New donation to be delivered by the end of 2021 as part of UK’s 100 million commitment.
A further ten million Oxford-AstraZeneca vaccines have been sent by the UK to COVAX, with 10 million more due to be delivered in the coming weeks to some of the world’s most vulnerable people. These additional donations mean 30.6 million surplus doses of Oxford-AstraZeneca will have been given to those in need in 2021.
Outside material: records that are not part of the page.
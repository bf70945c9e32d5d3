//! How the program ends, what it says then, and its exit status.
ghost use Rattle.std.specs.Prelude.{◌≡◌, ◌+◌, ◌≤◌, ◌<◌, ◌++◌, false, vec_capacity, vec_len, length, decimal, codes};
ghost use Rattle.collector_commands.specs.Outcomes.{exit_status};
ghost use Rattle.collector_commands.specs.Texts.{WritesText, HandsText, Finishes, text_of, name_of, report_text};
ghost use Rattle.collector_commands.specs.Validating.{fault_number};
ghost use Rattle.collector_commands.specs.declared.outcome.Outcome.TheVariants.{NoMemory};

use crate::asking::{HELP, VERSION};
use config_faults::ConfigFault;
use drop_ledger::{Count, Report};
use itoa::Buffer;
use otlp_reply::put;
use span_ids::Reason;
use span_sink::{LineSink, Sink, WriteSink};
use std::io::Write;

/// Room for a line of the report or of a refusal, in bytes.
pub const TEXT_ROOM: usize = 128;

/// How the program ended.
#[derive(Drop)]
pub enum Outcome {
    /// The script was run to its end, or the collector was closed.
    Done(Report),
    /// A write failed.
    SinkDown,
    /// The arguments are wrong.
    Usage,
    /// The configuration's file can't be read, isn't UTF-8 or is too long.
    Unreadable,
    /// The configuration is refused.
    Configuration(ConfigFault),
    /// A line of the script is refused, or can't be read.
    Script(u64),
    /// There was no memory at the start, or, to serve, no random source, or nothing that tells how much memory the
    /// process takes where that is limited.
    NoMemory,
    /// A count would have passed 2^64-1.
    CounterOverflow,
    /// The address can't be listened at, or too many files are open for a lane to watch its connections.
    CannotListen,
    /// The output's file can't be opened.
    CannotWrite,
    /// The configuration has no fault.
    Valid,
    /// The configuration has the faults that these lines tell.
    Faulty(String),
    /// A running collector answered that it closes.
    Closed,
    /// It didn't, or there is none.
    CannotClose,
    /// What was to be shown: the line of a request, or a comparison.
    Shown(Vec<u8>),
    /// It is none, or wasn't read: this line, on standard error, says why.
    NotShown(String),
    /// It was told what can be asked for.
    Help,
    /// The version was told.
    Version,
}

/// Writes that there is no memory, and gives the writer back.
pub fn without_memory<W: Write>(writer: W) -> W
    ensures { Finishes (W.contents writer) NoMemory (W.contents result) 5 }
{
    let mut lines = LineSink::new(WriteSink::new(writer));
    let _ = hand_line(&mut lines, b"tsc: no memory\n");
    lines.end().end()
}

/// Writes the last text, and gives the writer back beside the exit status.
pub fn finish<W: Write>(writer: W, text: &mut Vec<u8>, outcome: Outcome) -> (W, u8)
    requires { TEXT_ROOM ≤ vec_capacity text.old }
    ensures { Finishes (W.contents writer) outcome (W.contents result.0) result.1 }
{
    let (writer, written) = say_last(writer, text, &outcome);
    (writer, exit_status(&outcome, written))
}

/// Writes the last text, and gives the writer back beside whether the text was taken whole.
fn say_last<W: Write>(writer: W, text: &mut Vec<u8>, outcome: &Outcome) -> (W, bool)
    requires { TEXT_ROOM ≤ vec_capacity text.old }
    ensures { WritesText (W.contents writer) (text_of outcome.now) result.1 (W.contents result.0) }
{
    let mut lines = LineSink::new(WriteSink::new(writer));
    let written = say(&mut lines, text, outcome);
    let sink = lines.end();
    (sink.end(), written)
}

/// The exit status. A fault in writing the last text counts only where all else was done.
fn exit_status(outcome: &Outcome, written: bool) -> u8
    ensures { result ≡ exit_status outcome.now written }
{
    match outcome {
        Outcome::Done(_) => { if written { 0 } else { 1 } }
        Outcome::SinkDown => 1,
        Outcome::Usage => 2,
        Outcome::Unreadable => 3,
        Outcome::Configuration(_) => 3,
        Outcome::Script(_) => 4,
        Outcome::NoMemory => 5,
        Outcome::CounterOverflow => 7,
        Outcome::CannotListen => 6,
        Outcome::CannotWrite => 1,
        Outcome::Faulty(_) => 3,
        Outcome::Closed => 0,
        Outcome::NotShown(_) => 4,
        Outcome::CannotClose => 6,
        Outcome::Valid | Outcome::Shown(_) | Outcome::Help | Outcome::Version => {
            if written { 0 } else { 1 }
        }
    }
}

/// Writes the last text, and answers whether it was taken whole. Once a write of the run failed nothing more is
/// written.
fn say<S: Sink>(lines: &mut LineSink<S>, text: &mut Vec<u8>, outcome: &Outcome) -> bool
    requires room { TEXT_ROOM ≤ vec_capacity text.old }
    requires up { lines.old.is_down ≡ false }
    ensures { HandsText lines.old (text_of outcome.now) result lines.new }
{
    match outcome {
        Outcome::Done(report) => say_report(lines, text, report),
        Outcome::SinkDown => true,
        // The line names these two alone; `tsc help` has them all (D-242).
        Outcome::Usage => {
            hand_line(
                lines,
                b"tsc: usage: tsc replay CONFIG or tsc serve CONFIG\n",
            )
        }
        Outcome::Unreadable => { hand_line(lines, b"tsc: configuration refused: unreadable\n") }
        Outcome::Configuration(fault) => say_fault(lines, text, *fault),
        Outcome::Script(line) => {
            text.clear();
            put(text, b"tsc: script refused: line ");
            put_number(text, *line);
            hand_line(lines, text)
        }
        Outcome::NoMemory => hand_line(lines, b"tsc: no memory\n"),
        Outcome::CounterOverflow => hand_line(lines, b"tsc: book full\n"),
        Outcome::CannotListen => hand_line(lines, b"tsc: cannot listen\n"),
        Outcome::CannotWrite => hand_line(lines, b"tsc: cannot write\n"),
        Outcome::Valid => hand_line(lines, b"ok\n"),
        Outcome::Faulty(told) => say_told(lines, told.as_str()),
        Outcome::Closed => true,
        Outcome::CannotClose => hand_line(lines, b"tsc: cannot close\n"),
        Outcome::Shown(line) => say_line(lines, line),
        Outcome::NotShown(_) => true,
        Outcome::Help => hand_line(lines, HELP),
        Outcome::Version => {
            text.clear();
            put(text, b"tsc ");
            put(text, VERSION.as_bytes());
            put(text, b"\n");
            hand_line(lines, text)
        }
    }
}

/// Writes a line, unless it is empty.
fn say_line<S: Sink>(lines: &mut LineSink<S>, line: &[u8]) -> bool
    requires { lines.old.is_down ≡ false }
    ensures { HandsText lines.old line.now result lines.new }
{
    line.is_empty() || hand_line(lines, line)
}

/// Writes lines, if there are some.
fn say_told<S: Sink>(lines: &mut LineSink<S>, told: &str) -> bool
    requires { lines.old.is_down ≡ false }
    ensures { HandsText lines.old told.now result lines.new }
{
    told.is_empty() || hand_line(lines, told.as_bytes())
}

/// Writes a fault of the configuration by its number, and a fault of its policies as `7.P`.
fn say_fault<S: Sink>(lines: &mut LineSink<S>, text: &mut Vec<u8>, fault: ConfigFault) -> bool
    requires { TEXT_ROOM ≤ vec_capacity text.old }
    ensures { HandsText lines.old (codes "tsc: configuration refused: " ++ fault_number fault ++ codes "\n") result lines.new }
{
    text.clear();
    put(text, b"tsc: configuration refused: ");
    match fault {
        ConfigFault::Policy(policy) => {
            put(text, b"7.");
            put_number(text, u64::from(policy.number()));
        }
        _ => put_number(text, u64::from(fault.number())),
    }
    hand_line(lines, text)
}

/// Writes the nine counts, a line each.
fn say_report<S: Sink>(lines: &mut LineSink<S>, text: &mut Vec<u8>, report: &Report) -> bool
    requires room { TEXT_ROOM ≤ vec_capacity text.old }
    requires up { lines.old.is_down ≡ false }
    ensures { HandsText lines.old (report_text report.now) result lines.new }
{
    let counts = Count::ALL;
    let mut written = true;
    for what in counts {
        written = say_count(lines, text, what, report.number(what)) && written;
    }
    written
}

/// Writes a count behind its name.
fn say_count<S: Sink>(lines: &mut LineSink<S>, text: &mut Vec<u8>, what: Count, number: u64) -> bool
    requires { TEXT_ROOM ≤ vec_capacity text.old }
    ensures room { TEXT_ROOM ≤ vec_capacity text.new }
    ensures hands { HandsText lines.old (name_of what ++ decimal number ++ codes "\n") result lines.new }
{
    text.clear();
    put(text, name_of(what));
    put_number(text, number);
    hand_line(lines, text)
}

/// The name of a count, and a space.
fn name_of(what: Count) -> &'static [u8]
    ensures name { result.now ≡ name_of what }
    ensures short { length result.now ≤ 10 }
{
    match what {
        Count::Received => b"received ",
        Count::Handed => b"handed ",
        Count::Dropped(Reason::InvalidId) => b"dropped 1 ",
        Count::Dropped(Reason::QueueFull) => b"dropped 2 ",
        Count::Dropped(Reason::NoMemory) => b"dropped 3 ",
        Count::Dropped(Reason::Evicted) => b"dropped 4 ",
        Count::Dropped(Reason::NotSampled) => b"dropped 5 ",
        Count::Dropped(Reason::LateNotSampled) => b"dropped 6 ",
        Count::Dropped(Reason::ExporterDown) => b"dropped 7 ",
    }
}

/// Hands over a line, and answers whether it was taken whole.
fn hand_line<S: Sink>(lines: &mut LineSink<S>, line: &[u8]) -> bool
    requires { 0 < length line.now }
    ensures { HandsText lines.old line.now result lines.new }
{
    lines.hand(line).is_ok()
}

/// Appends a number and a line feed.
fn put_number(text: &mut Vec<u8>, number: u64)
    requires { vec_len text.old + 41 ≤ vec_capacity text.old }
    ensures line { text.new.items ≡ text.old.items ++ decimal number ++ codes "\n" }
    ensures capacity { vec_capacity text.old ≤ vec_capacity text.new }
{
    let mut digits = Buffer::new();
    put(text, digits.format(number).as_bytes());
    put(text, b"\n");
}
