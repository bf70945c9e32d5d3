//! The configuration: what is read from its file, and what that is read as.
ghost use Rattle.std.specs.Prelude.{◌≡◌, ◌≢◌, Ok, Err, IfOk, IfErr, IfSome, IfNone, string_bytes};
ghost use Rattle.std.specs.IoError.{error_kind};
ghost use Rattle.tsc_config.specs.Values.{InRange};
ghost use Rattle.collector_commands.specs.Configuration.{BytesFail, FileFails, IsConfigIn, IsConfigOf, IsStart, IsText, file_of};

use crate::outcome::Outcome;
use std::alloc::Global;
use std::io::{ErrorKind, Read};
use std::rt::Files;
use std::{fs, io};
use tsc_config::{Config, read};

/// The longest configuration that is read, in bytes.
pub const MAX_CONFIG_LEN: usize = 1_048_576;

/// Why the configuration's file was not read.
#[derive(Clone, Copy, PartialEq, Eq)]
pub enum FileFault {
    /// There was no memory for what it holds.
    NoMemory,
    /// It can't be opened, or reading it failed.
    Unreadable(ReadFault),
}

/// Why a file can't be opened or read.
#[derive(Clone, Copy, PartialEq, Eq)]
pub enum ReadFault {
    /// There is none of its name.
    Missing,
    /// The program may not read it.
    NotAllowed,
    /// It is a directory.
    Directory,
    /// Anything else.
    Other,
}

/// What the file holds, or of a file that is too long one byte more than may be read.
pub fn read_file<T: Files>(rt: &T, alloc: Global, path: &str) -> Result<Vec<u8>, FileFault> {
    // No clause can say what a file holds, so all that is made of it stands apart, and is exact (D-219).
    match fs::open(rt, path) {
        Ok(file) => told(read_start(alloc, file)),
        Err(error) => told(Err(error)),
    }
}

/// Reads to the end, or one byte more than may be read.
fn read_start<F: Read + Drop>(alloc: Global, file: F) -> io::Result<Vec<u8>>
    ensures { IfOk result (λ bytes. IsStart (F.Read.remaining file) bytes.items) }
{
    let mut bytes = Vec::new(alloc);
    // One byte more tells a file that is too long from one that just fits.
    file.take(MAX_CONFIG_LEN as u64 + 1)
        .read_to_end(&mut bytes)?;
    Ok(bytes)
}

/// An error in opening or reading a file, by its kind.
fn told(file: io::Result<Vec<u8>>) -> Result<Vec<u8>, FileFault>
    ensures whole { IfOk file (λ bytes. result ≡ Ok bytes) }
    ensures memory { IfErr file (λ error. error_kind error ≡ ErrorKind.OutOfMemory → result ≡ Err FileFault.NoMemory) }
    ensures missing { IfErr file (λ error. error_kind error ≡ ErrorKind.NotFound → result ≡ Err (FileFault.Unreadable ReadFault.Missing)) }
    ensures not_allowed { IfErr file (λ error. error_kind error ≡ ErrorKind.PermissionDenied → result ≡ Err (FileFault.Unreadable ReadFault.NotAllowed)) }
    ensures directory { IfErr file (λ error. error_kind error ≡ ErrorKind.IsADirectory → result ≡ Err (FileFault.Unreadable ReadFault.Directory)) }
    ensures others { IfErr file (λ error. error_kind error ≢ ErrorKind.OutOfMemory → (fault : ReadFault) × (result ≡ Err (FileFault.Unreadable fault))) }
{
    match file {
        Ok(bytes) => Ok(bytes),
        Err(error) if error.kind() == ErrorKind::OutOfMemory => Err(FileFault::NoMemory),
        Err(error) => Err(FileFault::Unreadable(read_fault(error.kind()))),
    }
}

/// Why a file can't be opened or read, by the kind of an error.
fn read_fault(kind: ErrorKind) -> ReadFault
    ensures missing { kind ≡ ErrorKind.NotFound → result ≡ ReadFault.Missing }
    ensures not_allowed { kind ≡ ErrorKind.PermissionDenied → result ≡ ReadFault.NotAllowed }
    ensures directory { kind ≡ ErrorKind.IsADirectory → result ≡ ReadFault.Directory }
{
    match kind {
        ErrorKind::NotFound => ReadFault::Missing,
        ErrorKind::PermissionDenied => ReadFault::NotAllowed,
        ErrorKind::IsADirectory => ReadFault::Directory,
        _ => ReadFault::Other,
    }
}

/// The configuration in what was read from its file.
pub fn config_of(alloc: Global, file: Result<Vec<u8>, FileFault>) -> Result<Config, Outcome>
    ensures ranges { IfOk result InRange }
    ensures is_read { IfOk result (IsConfigOf (file_of (λ v. v.items) file)) }
    ensures fails { IfErr result (FileFails (file_of (λ v. v.items) file)) }
{
    match file {
        Ok(bytes) => config_in(alloc, bytes),
        Err(FileFault::NoMemory) => Err(Outcome::NoMemory),
        Err(FileFault::Unreadable(_)) => Err(Outcome::Unreadable),
    }
}

/// The text in these bytes, unless they aren't UTF-8 or too many.
pub fn text_in(bytes: Vec<u8>) -> Option<String>
    ensures same { IfSome result (λ text. string_bytes text ≡ bytes.items) }
    ensures some { IfSome result (λ text. IsText bytes.items) }
    ensures none { IfNone result (¬ IsText bytes.items) }
{
    if MAX_CONFIG_LEN < bytes.len() {
        return None;
    }
    match String::from_utf8(bytes) {
        Ok(text) => Some(text),
        Err(_) => None,
    }
}

/// The configuration in these bytes: `Unreadable` where they aren't UTF-8 or too many, a fault where the text has it,
/// and the fault of no memory where there was none to read it.
pub fn config_in(alloc: Global, bytes: Vec<u8>) -> Result<Config, Outcome>
    ensures ranges { IfOk result InRange }
    ensures is_read { IfOk result (IsConfigIn bytes.items) }
    ensures fails { IfErr result (BytesFail bytes.items) }
{
    let Some(text) = text_in(bytes) else {
        return Err(Outcome::Unreadable);
    };
    match read(alloc, text.as_str()) {
        Ok(config) => Ok(config),
        Err(fault) => Err(Outcome::Configuration(fault)),
    }
}
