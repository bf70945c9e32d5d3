//! A reader that tells on a terminal how far it is.
ghost use Rattle.std.specs.Prelude.{◌≡◌};
ghost use Rattle.collector_commands.specs.Progress.{steps_of};

use std::io;
use std::io::{Read, Write};

/// After how many bytes the line is written anew where it isn't known how many there are: 64 MiB.
const STEP: u64 = 67_108_864;

/// A mebibyte.
const MEBIBYTE: u64 = 1_048_576;

/// How many letters wide the bar is.
const WIDTH: u64 = 40;

/// A reader that shows in a line on a terminal how much it has read, as a bar where it is known how much there is. It
/// reads what its reader reads; whether the line can be written changes nothing.
#[derive(Drop)]
pub struct Progress<R: Drop, E: Drop> {
    reader: R,
    /// Where the line goes, if it is shown.
    line: Option<E>,
    /// How many bytes there are to read, or 0 where that isn't known.
    size: u64,
    /// How many bytes were read.
    read: u64,
    /// How many steps the line tells.
    told: u64,
}

/// How many steps so many bytes are: of a hundred where it is known how many bytes there are, else of 64 MiB each.
fn steps_of(read: u64, size: u64) -> u64
    ensures { result ≡ steps_of read size }
{
    if size == 0 {
        return read / STEP;
    }
    // A file may grow while it is read.
    read.min(size).saturating_mul(100) / size
}

impl<R: Drop, E: Drop> Progress<R, E> {
    /// A reader of which nothing was read; `line` is where it is shown, if it is, and `size` how many bytes there are to
    /// read, or 0 where that isn't known.
    pub fn new(reader: R, line: Option<E>, size: u64) -> Self
        ensures { result.reader ≡ reader }
    {
        Progress {
            reader,
            line,
            size,
            read: 0,
            told: 0,
        }
    }
}

/// Writes the line: a bar and its share, or how much was read.
fn put_line<E: Write>(line: &mut E, read: u64, size: u64) -> io::Result<()> {
    if size == 0 {
        let mebibytes = read / MEBIBYTE;
        return write!(line, "\r{mebibytes} MiB read");
    }
    let percent = steps_of(read, size);
    let full = percent.saturating_mul(WIDTH) / 100;
    write!(line, "\r[")?;
    for place in 0..WIDTH {
        let letter = if place < full { '#' } else { '.' };
        write!(line, "{letter}")?;
    }
    write!(line, "] {percent} %")
}

/// Empties the line.
fn clear_line<E: Write>(line: &mut E) -> io::Result<()> {
    // Erase in line (ECMA-48, 8.3.41).
    write!(line, "\r\u{1b}[K")
}

impl<R: Read + Drop, E: Write + Drop> Progress<R, E> {
    /// So many bytes more were read, or none, as there are no more: writes the line anew where it tells something else.
    fn tell(&mut self, count: usize)
        ensures { self.new.reader ≡ self.old.reader }
    {
        self.read = self.read.saturating_add(count as u64);
        let steps = steps_of(self.read, self.size);
        let Some(line) = &mut self.line else {
            return;
        };
        if count == 0 {
            let _ = clear_line(line);
        } else if steps != self.told {
            let _ = put_line(line, self.read, self.size);
        }
        self.told = steps;
    }
}

impl<R: Read + Drop, E: Write + Drop> Read for Progress<R, E> {
    ghost remaining = { λ progress. R.remaining progress.reader };

    fn read(&mut self, bytes: &mut [u8]) -> io::Result<usize> {
        let count = self.reader.read(bytes)?;
        self.tell(count);
        Ok(count)
    }
}
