//! Where the lines are sent to.
ghost use Rattle.std.specs.Prelude.{◌≡◌, codes, IfOk};
ghost use Rattle.toml.specs.Data.{get_member, no_members};
ghost use Rattle.toml.specs.View.{view, table_view};
ghost use Rattle.tsc_config.specs.Values.{encoding_of, export_in, export_of, export_value};

use crate::headers::{HeaderField, headers_at};
use crate::settings_values::{number_at, text_at, truth_at};
use crate::values::is_other_at;
use config_faults::{ChoiceKey, NumberKey, member};
use otlp_types::{List, Text};
use std::alloc::{AllocError, Global};
use toml::{Table, Value};

/// Where the lines are sent to, and for how long that is tried, in milliseconds.
#[derive(Drop)]
pub struct Export {
    /// The address, as `http://HOST:PORT/PATH`, or nothing: then lines are printed.
    pub endpoint: Text,
    /// How long an attempt may take, from 1 to 600000.
    pub timeout: u64,
    /// The first wait before a line is sent again, from 1 to 3600000.
    pub retry_initial: u64,
    /// The longest wait that no answer asks for, from 1 to 3600000.
    pub retry_max: u64,
    /// How long a line is tried, from 0 to 86400000, where 0 is for ever.
    pub retry_for: u64,
    /// How long lines are tried once the collector closes, from 0 to 3600000.
    pub close_wait: u64,
    /// How many batches wait for the backend, over all shards, each of at most `send_batch_size` spans, from 1 to
    /// 65536.
    pub queue_batches: u64,
    /// Whether the lines are printed too.
    pub lines: bool,
    /// How each batch is sent.
    pub encoding: ExportEncoding,
    /// The fields that each request has beside its own, in the order of their names.
    pub headers: List<HeaderField>,
}

/// How a batch of spans is sent (OTLP/HTTP, "OTLP/HTTP Request": JSON or binary protobuf).
#[derive(Clone, Copy, PartialEq, Eq)]
pub enum ExportEncoding {
    /// As JSON, by `encoding = "json"` or by default.
    Json,
    /// As protobuf, by `encoding = "proto"`.
    Protobuf,
}

/// What stands at `export`.
pub fn export_at(alloc: Global, table: &Table) -> Result<Export, AllocError>
    ensures { IfOk result (λ export. export ≡ export_of (get_member (codes "export") (table_view table.now))) }
{
    match member(table, "export") {
        Some(value) => export_value(alloc, value),
        None => export_in(alloc, &Table::new(alloc)),
    }
}

fn export_value(alloc: Global, value: &Value) -> Result<Export, AllocError>
    ensures { IfOk result (λ export. export ≡ export_value (view value.now)) }
{
    match value {
        Value::Table(settings) => export_in(alloc, settings),
        _ => export_in(alloc, &Table::new(alloc)),
    }
}

/// What these settings give.
fn export_in(alloc: Global, settings: &Table) -> Result<Export, AllocError>
    ensures { IfOk result (λ export. export ≡ export_in (table_view settings.now)) }
{
    Ok(Export {
        endpoint: text_at(alloc, settings, "endpoint")?,
        timeout: number_at(settings, NumberKey::Timeout),
        retry_initial: number_at(settings, NumberKey::RetryInitial),
        retry_max: number_at(settings, NumberKey::RetryMax),
        retry_for: number_at(settings, NumberKey::RetryFor),
        close_wait: number_at(settings, NumberKey::CloseWait),
        queue_batches: number_at(settings, NumberKey::QueueBatches),
        lines: truth_at(settings, "lines"),
        encoding: encoding_at(settings),
        headers: headers_at(alloc, settings)?,
    })
}

/// How these settings have batches sent.
fn encoding_at(settings: &Table) -> ExportEncoding
    ensures { result ≡ encoding_of (table_view settings.now) }
{
    if is_other_at(settings, ChoiceKey::Encoding) {
        ExportEncoding::Protobuf
    } else {
        ExportEncoding::Json
    }
}
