//! A script is run by two configurations, and what each keeps is compared.
ghost use Rattle.std.specs.Prelude.{List, Option, ℕ};
ghost use Rattle.collector_commands.specs.Configuration.{file_of};
ghost use Rattle.collector_commands.specs.Courses.{Compares, IsKeptBack, IsTold};

use crate::asking::{Form, VERSION};
use crate::configuration::{FileFault, config_of};
use crate::outcome::Outcome;
use comparison_text::{About, put_json, put_page, put_text};
use decision_line::{DecidedTrace, EvictedTrace, Said};
use otlp_types::Arrival;
use run_comparison::KeptRun;
use script_session::{ComparedRuns, Listener, ReplayFault, compare_run};
use std::alloc::{AllocError, Global};
use tsc_config::Config;
use tsc_script::ScriptSource;

/// What hears of one of the runs, until memory is refused to it.
#[derive(Drop)]
struct Hearing {
    kept: KeptRun,
    /// Something was told that found no memory.
    is_full: bool,
}

impl Hearing {
    /// One that has heard nothing of a run by this configuration.
    fn new(alloc: Global, config: &Config) -> Result<Self, AllocError> {
        let mut names = Vec::new(alloc);
        for policy in config.policies.as_slice() {
            names.push(String::from_str(alloc, policy.name.as_str())?)?;
        }
        Ok(Hearing {
            kept: KeptRun::new(alloc, names)?,
            is_full: false,
        })
    }
}

impl Listener for Hearing {
    fn hears(&self) -> bool {
        !self.is_full
    }

    fn decided(&mut self, decision: &DecidedTrace, _said: &[Said], released: &[Arrival]) {
        if self.kept.decided(decision, released).is_err() {
            self.is_full = true;
        }
    }

    fn evicted(&mut self, evicted: &EvictedTrace) {
        if self.kept.evicted(evicted).is_err() {
            self.is_full = true;
        }
    }

    fn kept_late(&mut self, moment: u64, span: &Arrival) {
        if self.kept.kept_late(moment, span).is_err() {
            self.is_full = true;
        }
    }
}

/// Runs the script by the configurations in what was read from their files, which have these paths, and tells what each
/// keeps.
pub fn compare_by<R: ScriptSource>(
    alloc: Global,
    files: (Result<Vec<u8>, FileFault>, Result<Vec<u8>, FileFault>),
    paths: (&str, &str),
    form: Form,
    reader: &mut R,
) -> Outcome
    ensures { (arguments : List (List ℕ)) (taken : Option (List ℕ)) → Compares (record {
      arguments = arguments;
      file = file_of (λ v. v.items) files.0;
      unread = R.given reader.old;
      unread_after = R.given reader.new;
      taken = taken;
      taken_after = taken;
    }) (file_of (λ v. v.items) files.1) result }
{
    let (old_file, new_file) = files;
    let old = match config_of(alloc, old_file) {
        Ok(config) => config,
        Err(outcome) => return outcome,
    };
    let new = match config_of(alloc, new_file) {
        Ok(config) => config,
        Err(outcome) => return outcome,
    };
    let (Ok(old_hearing), Ok(new_hearing)) = (Hearing::new(alloc, &old), Hearing::new(alloc, &new))
    else {
        return Outcome::NoMemory;
    };
    match compare_run(alloc, old, new, reader, (old_hearing, new_hearing)) {
        Ok(runs) => told_of(alloc, &runs, paths, form),
        Err(fault) => outcome_of_fault(fault),
    }
}

/// What two runs kept, as it is asked for.
fn told_of(
    alloc: Global,
    runs: &ComparedRuns<Hearing, Hearing>,
    paths: (&str, &str),
    form: Form,
) -> Outcome
    ensures { IsTold result }
{
    if runs.old.is_full || runs.new.is_full {
        return Outcome::NoMemory;
    }
    let about = About {
        version: VERSION,
        old: paths.0,
        new: paths.1,
    };
    let mut text = Vec::new(alloc);
    let (old, new) = (&runs.old.kept, &runs.new.kept);
    let put = match form {
        Form::Text => put_text(&mut text, old, new, &about),
        Form::Json => put_json(&mut text, old, new, &about),
        Form::Page => put_page(&mut text, old, new, &about),
    };
    match put {
        Ok(()) => Outcome::Shown(text),
        Err(_) => Outcome::NoMemory,
    }
}

/// How the program ends where something kept a comparison from the script's end.
fn outcome_of_fault(fault: ReplayFault) -> Outcome
    ensures { IsKeptBack result }
{
    match fault {
        ReplayFault::NoMemory => Outcome::NoMemory,
        ReplayFault::Refused(line) | ReplayFault::Fault(line) => Outcome::Script(line),
        ReplayFault::CounterOverflow => Outcome::CounterOverflow,
        ReplayFault::SinkDown(_) => Outcome::SinkDown,
    }
}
Oxford-AstraZeneca is the world’s most widely used vaccine, accounting for more than half of all COVAX deliveries. Thanks to AstraZeneca’s commitment to the UK Government to distribute the vaccine on a non-profit basis, 1.5 billion doses have been used in more than 170 countries.
In 2022, the UK will donate at least 20 million more Oxford-AZ doses. This will mean we have given half of the UK’s total order of the vaccine to countries in need.
The UK will also donate all the 20 million Janssen doses ordered by the Government to COVAX. Domestic need for the current booster programme will be met through mRNA vaccines and Oxford-Astra Zeneca, meaning the UK can donate its full Janssen order to developing countries. Janssen aim to prioritise deliveries to countries based on need so COVAX will receive the much-needed vaccines as soon as they come off the production line in 2022.
Today’s announcement means that the UK has now set out how 70% of the 100 million vaccines we have pledged to share with those in need have been or will be delivered. Providing this detail of planned donations as early as possible will help COVAX allocate and plan delivery of doses more effectively, ensuring vaccines get to those that need them most.
Today at a meeting of G20 leaders in Rome the Prime Minister will hail the importance of vaccines in allowing the world to recover from the coronavirus pandemic. He will call on G20 leaders to do everything in their power to increase supplies to those that need them, either through direct donation or encouraging pharmaceutical companies to adopt the Oxford-AstraZeneca model which is putting people over profit.
Addressing the G20 Summit, the Prime Minister is expected to say:
At the G7 Summit in Carbis Bay, leaders agreed to work to vaccinate the world by the end of 2022. The UK will donate 100 million surplus vaccine doses by the middle of next year to help achieve that goal.
Surplus donations alone will not allow us to defeat the pandemic. That is why the UK is backing the Oxford-AstraZeneca production model while providing developing countries with the financial support they need to obtain vaccines – giving £548 million early on to COVAX.
The Government says the UK continues to proactively manage our vaccine supply and does not hold a stockpile of covid vaccines. All procured, regulated doses are either used rapidly by our domestic programme or shared internationally with countries in need.